Wednesday, September 10, 2025
Learning, Adapting, Growing
Robin Brewer, associate professor of information, shares insights from her first years as both a student and faculty member, and why embracing feedback and curiosity matters most.
Q: Thinking back to your first year as a student, what’s one experience, challenge, or piece of advice that stuck with you?
Be social — a PhD isn’t only about the research but the connections you form along the way. I greatly enjoyed my doctoral experience because I joined organizations, met people in other PhD programs who welcomed ranting and gave advice, and met students from other universities at conferences. Although you asked for one piece of advice, I would also strongly urge students to find a hobby they like to do in their first semester and continue that hobby throughout. Trying to make time for a hobby in the third year can be hard if you haven’t practiced in the first year. My hobby was eating at fun (and wildly cheap) restaurants in Chicago. :)
Q: What do you remember most about your first year teaching, and how has it shaped the way you show up in the classroom today?
I remember spending a ton of time trying to make every lecture and slide deck perfect during my first year of teaching, thinking that if I spent the time once that I wouldn’t have to spend as much time in the future. Little did I know that starting a tenure-track position in the fall of 2019 would mean that I would have to recreate the class THREE times (synchronous in-person, synchronous remote, synchronous hybrid). But, aside from that, it was an important lesson because it taught me: 1) every cohort of students will have different learning styles/preferences, 2) to adapt, and 3) to avoid trying to be perfect in the classroom. For first-year students engaged in research, a similar lesson will apply: Nothing you share with your advisor will be perfect. Get feedback early and often, and get comfortable with feedback and iteration early.

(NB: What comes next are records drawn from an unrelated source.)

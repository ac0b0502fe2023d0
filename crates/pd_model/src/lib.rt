//! The parts of a planning task, and what it means to execute calls of its actions: PDDL 2.1, level 1
//! (Fox and Long 2003).
//!
//! `specs/State.antt` says what a state is, `specs/Instance.antt` when a literal holds in it,
//! `specs/Fits.antt` which objects an action may be called with, `specs/Exec.antt` what a call does, and
//! `specs/Plan.antt` which lists of calls are plans. `specs/WellFormed.antt` says what each task keeps.
//!
//! `Pddl` is made of well-formed `Parts`, and contracts see it as these. `Pddl::new` works out once what is asked of types again and again:
//! `walk` walks the tree of types by the chains of children, without a stack; `type_tree` keeps the numbers at which types are entered and
//! left, `line` the objects sorted by them. So `Pddl::fits` takes constant time, `fitting_count` logarithmic time, and `fitting_objects` time
//! by the length of its answer; no clause speaks of time, and the tables are in the invariant of `Pddl` alone.
//!
//! The state of a run (`state`) is a sorted set of atoms. A step looks up what its instance names and copies no state: the active adds and
//! deletes are found first, then the deletes are taken away, then the adds are put in. `exec` lets a variable that an effect does not name
//! stand for one object, so that a `forall` over many variables costs what it can touch. `Effects` keeps beside each effect whether its types
//! and its condition are those of the one before, so that no crate above compares what they share.
#![tactic(auto)]

mod atoms;
mod calls;
mod conds;
mod effects;
mod exec;
mod few;
mod fits;
mod instance;
mod line;
mod objects;
mod parts;
mod pddl;
mod predicates;
mod run;
mod sameness;
mod schemas;
mod state;
mod type_tree;
mod types;
mod variables;
mod walk;
mod which;

pub use atoms::{Atom, Atoms, Pattern, Term, Terms};
pub use calls::{Call, Calls, Verdict};
pub use conds::{Cond, Conds, SharedConds};
pub use containers::memory::Memory;
pub use effects::{Effect, Effects};
pub use few::few_parts;
pub use fits::fitting_objects;
pub use instance::{instance_of, object_of};
pub use objects::{ObjectDecl, ObjectDecls, Objects};
pub use parts::Parts;
pub use pd_sexp::Name;
pub use pddl::Pddl;
pub use predicates::{Predicate, Predicates};
pub use sameness::Sameness;
pub use schemas::{Schema, Schemas};
pub use state::State;
pub use types::{SharedTypeNumbers, TypeDecl, TypeNumbers, Types};
pub use which::Which;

Q: What’s one lesson you’ve learned (either from students or experience) that continues to influence your approach to education?

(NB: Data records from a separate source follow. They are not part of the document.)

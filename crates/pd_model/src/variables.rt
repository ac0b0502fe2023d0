// Which variables an effect names.
ghost use Rattle.std.specs.Prelude.{◌≡◌};
ghost use Rattle.std.specs.List.{list_any};
ghost use Rattle.pd_model.specs.own.Variables.{is_variable, atom_names, cond_names, effect_names};

use crate::{Cond, Effect, Pattern, Term};

fn is_variable(place: usize, term: Term) -> bool
    ensures { result ≡ is_variable place term }
{
    match term {
        Term::Object(_) => false,
        Term::Variable(v) => v as usize == place,
    }
}

fn atom_names(place: usize, atom: &Pattern) -> bool
    ensures { result ≡ atom_names place atom.now }
{
    atom.terms
        .as_slice()
        .iter()
        .any(|term| is_variable(place, *term))
}

fn cond_names(place: usize, cond: &Cond) -> bool
    ensures { result ≡ cond_names place cond.now }
{
    match cond {
        Cond::Has { atom, .. } => atom_names(place, atom),
        Cond::Same { left, right, .. } => is_variable(place, *left) || is_variable(place, *right),
    }
}

fn any_names(place: usize, conds: &[Cond]) -> bool
    ensures { result ≡ list_any (cond_names place) conds.now }
{
    conds.iter().any(|cond| cond_names(place, cond))
}

/// Whether the effect names the variable at a place, in its atom or in its condition. Where it does not, its instances are the
/// same for each object that the variable may stand for.
pub fn effect_names(place: usize, effect: &Effect) -> bool
    ensures { result ≡ effect_names place effect.now }
{
    atom_names(place, &effect.atom) || any_names(place, effect.cond.as_slice())
}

My approach to education is to continue to learn. Best practices evolve — think about stances on LLM use for education now vs. three years ago. Always strive to learn as a PhD student, but don’t think that learning only comes from being a student in a class. You can learn from a more senior student, a new idea can come from someone else’s presentation at a conference, a better work process or vision for your career can come from an internship. Continue learning! (It’s also great for neuroplasticity in later life, from an aging researcher.)